La phrase est "je n'aime pas du tout ce Rally", je pense que la phrase la plus appropriée est "me disgusta este Rally", non?
Merci en tout cas.

Enfin "me disgusta mucho..."


----------



## m.m.miguel

yo pondría "no me está gustando nada este Rally"


----------



## pOwp

D'accord, merci beaucoup


----------



## blink05

Je préfère "no me gusta en lo absoluto" pour rester fidèle au sens de la phrase. Je pense qu'il y a des expressions en français pour "me disgusta" (me déplaît, me gène, etc).

Saludos.


----------



## m.m.miguel

"no me gusta en absoluto" no se pone "lo"


----------



## pOwp

Ok, ok. Entonces, no me gusta en absoluto este Rally!
Gracias a todos


----------



## blink05

m.m.miguel said:


> "no me gusta en absoluto" no se pone "lo"


Te propongo que seas un poco menos categórico en tu afirmación.

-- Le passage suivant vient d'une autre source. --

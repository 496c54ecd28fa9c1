//! A desk under a lock, and what tells workers that something has changed.

ghost use Rattle.std.specs.Prelude.{◌≡◌, false, None, MatchResult};
ghost use Rattle.fm_pool.specs.Desks.{HasBrought, IsExchanged, IsNextAt, IsServed};

use crate::desk::{Desk, Next};
use fm_base::NoMemory;
use fm_workers::SharedTable;
use std::alloc::Global;
use std::hint::spin_loop;
use std::sync::atomic::{AtomicU64, Ordering};
use std::sync::{Condvar, Mutex, MutexGuard, Wait};

// How often a worker that lets others in looks whether they are in, before it takes the lock again.
const MOST_LOOKS: u32 = 100;

/// Where the workers of a pool meet.
#[derive(Drop)]
pub struct Room<T> {
    pub desk: Mutex<Desk<T>>,
    pub changed: Condvar,
    /// How many workers wait for the lock to come in.
    pub coming: AtomicU64,
    /// How many workers wait for something to change, or for another one that makes pieces under the lock.
    pub idle: AtomicU64,
}

impl<T: SharedTable> Room<T> {
    /// Nobody has a piece.
    pub fn new(table: T) -> Room<T> {
        Room {
            desk: Mutex::new(Desk { table, working: 0 }),
            changed: Condvar::new(),
            coming: AtomicU64::new(0),
            idle: AtomicU64::new(0),
        }
    }

    /// The next piece, when there is one. None where the worker is to stop. Where `light` says so, the table makes
    /// those pieces by itself that aren't worth giving out.
    pub fn next<R: Wait>(&self, rt: &R, alloc: Global, worker: u32, light: bool) -> Option<T::Piece>
        ensures { IsServed (IsNextAt T.take_does T.turn_does T.phase_tells light worker) result }
    {
        let desk = self.come_in(rt);
        self.next_at(rt, alloc, worker, light, desk)
    }

    /// Gives what a piece came to, or leaves the piece where there was no memory to compute it; and the next piece, as
    /// above, in the same turn of the lock.
    pub fn exchange<R: Wait>(
        &self,
        rt: &R,
        alloc: Global,
        worker: u32,
        light: bool,
        done: Result<T::Done, NoMemory>,
    ) -> Option<T::Piece>
        ensures { MatchResult done
            (λ d. IsExchanged T.give_does (IsNextAt T.take_does T.turn_does T.phase_tells light worker) d result)
            (λ _. result ≡ None) }
    {
        let mut desk = self.come_in(rt);
        if desk.bring(alloc, done) {
            return self.next_at(rt, alloc, worker, light, desk);
        }
        drop(desk);
        self.changed.notify_all();
        None
    }

    /// Takes the lock, and is let in by who keeps it.
    pub fn come_in<'b, R: Wait>(&'b self, rt: &R) -> MutexGuard<'b, Desk<T>> {
        self.coming.fetch_add(1, Ordering::SeqCst);
        let desk = self.desk.lock(rt);
        self.coming.fetch_sub(1, Ordering::SeqCst);
        desk
    }

    // The next piece for a worker who has the lock. It keeps the lock while the table makes pieces by itself, which
    // would only go from one processor to another; but it lets in who begins or brings what a piece came to. Who leaves
    // with a piece wakes one that waits, who may find another piece and wakes the next one then; who stops wakes all.
    fn next_at<'b, R: Wait>(
        &'b self,
        rt: &R,
        alloc: Global,
        worker: u32,
        light: bool,
        held: MutexGuard<'b, Desk<T>>,
    ) -> Option<T::Piece>
        ensures { IsServed (IsNextAt T.take_does T.turn_does T.phase_tells light worker) result }
    {
        let mut desk = held;
        'turns: for _ in rt.forever() {
            match desk.next(alloc, worker, light) {
                Next::Runs(piece) => {
                    drop(desk);
                    self.changed.notify_one();
                    return Some(piece);
                }
                Next::Goes => desk = self.let_in(rt, worker, desk),
                Next::Waits => desk = self.wait_for_change(rt, desk),
                Next::Stops => {
                    drop(desk);
                    self.changed.notify_all();
                    return None;
                }
            }
        }
        unreachable!()
    }

    /// Leaves the lock until something changes, and takes it again.
    pub fn wait_for_change<'b, R: Wait>(
        &'b self,
        rt: &R,
        held: MutexGuard<'b, Desk<T>>,
    ) -> MutexGuard<'b, Desk<T>> {
        self.idle.fetch_add(1, Ordering::SeqCst);
        let desk = self.changed.wait(rt, held);
        self.idle.fetch_sub(1, Ordering::SeqCst);
        desk
    }

    /// Leaves the lock for a moment to those that come in, if there are any; and where the table goes on with a process
    /// for this worker while another one is ready, also to one that is idle, which it wakes.
    pub fn let_in<'b, R: Wait>(
        &'b self,
        rt: &R,
        worker: u32,
        held: MutexGuard<'b, Desk<T>>,
    ) -> MutexGuard<'b, Desk<T>> {
        let comes = self.coming.load(Ordering::SeqCst) != 0;
        let serves = self.idle.load(Ordering::SeqCst) != 0 && held.table.offers(worker);
        if !comes && !serves {
            return held;
        }
        drop(held);
        if serves {
            self.changed.notify_one();
        }
        self.lock_again(rt)
    }

    // Takes the lock again as soon as those are in that come, or after some looks.
    fn lock_again<'b, R: Wait>(&'b self, rt: &R) -> MutexGuard<'b, Desk<T>> {
        self.idle.fetch_add(1, Ordering::SeqCst);
        'looks: for _ in 0..MOST_LOOKS {
            if self.coming.load(Ordering::SeqCst) == 0 {
                break;
            }
            spin_loop();
        }
        let desk = self.desk.lock(rt);
        self.idle.fetch_sub(1, Ordering::SeqCst);
        desk
    }

    /// Gives what a piece came to, or leaves the piece where there was no memory to compute it. False where the worker
    /// is to stop, which wakes all others; else it wakes one that waits.
    pub fn bring<R: Wait>(&self, rt: &R, alloc: Global, done: Result<T::Done, NoMemory>) -> bool
        ensures { MatchResult done (λ d. HasBrought T.give_does d result) (λ _. result ≡ false) }
    {
        let mut desk = self.come_in(rt);
        let given = desk.bring(alloc, done);
        drop(desk);
        if given {
            self.changed.notify_one();
        } else {
            self.changed.notify_all();
        }
        given
    }

    /// The table, when all workers have stopped.
    pub fn into_table(self) -> T {
        let Room {
            desk,
            changed: _,
            coming: _,
            idle: _,
        } = self;
        let Desk { table, working: _ } = desk.into_inner();
        table
    }
}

http://fenix.cnice.mec.es/diccionario/



> Frases y locuciones
> 1 en ~ De ninguna manera: No me molesta en absoluto.
> 2 en lo ~ Origen: México. En absoluto.



Por lo que entiendo, sí se puede decir "en lo absoluto". Si piensas que es incorrecto, por razones más profundas que el hecho de que la RAE no lo recoja, te agradeceré comentarlas para que aprendamos todos, o yo al menos.

Saludos.


----------



## mielyazabache

Y yo ! 

bonsoir.


----------



## Paquita

en *lo* absoluto = ver opiniones en este hilo http://forum.wordreference.com/showthread.php?t=482368


----------



## mielyazabache

bonsoir Paquit&, 

Y aurait-il une similitude avec la différence que l'on ferait en français entre "dans l'absolu [je n'aime pas]" et "je n'aime absolument pas" ? En espagnol ce n'est pas clair pour moi...


----------



## Paquita

Ni idea... no conozco más que "en absoluto" pero siendo no-nativa, estoy pendiente de las opiniones de nuestros amigos .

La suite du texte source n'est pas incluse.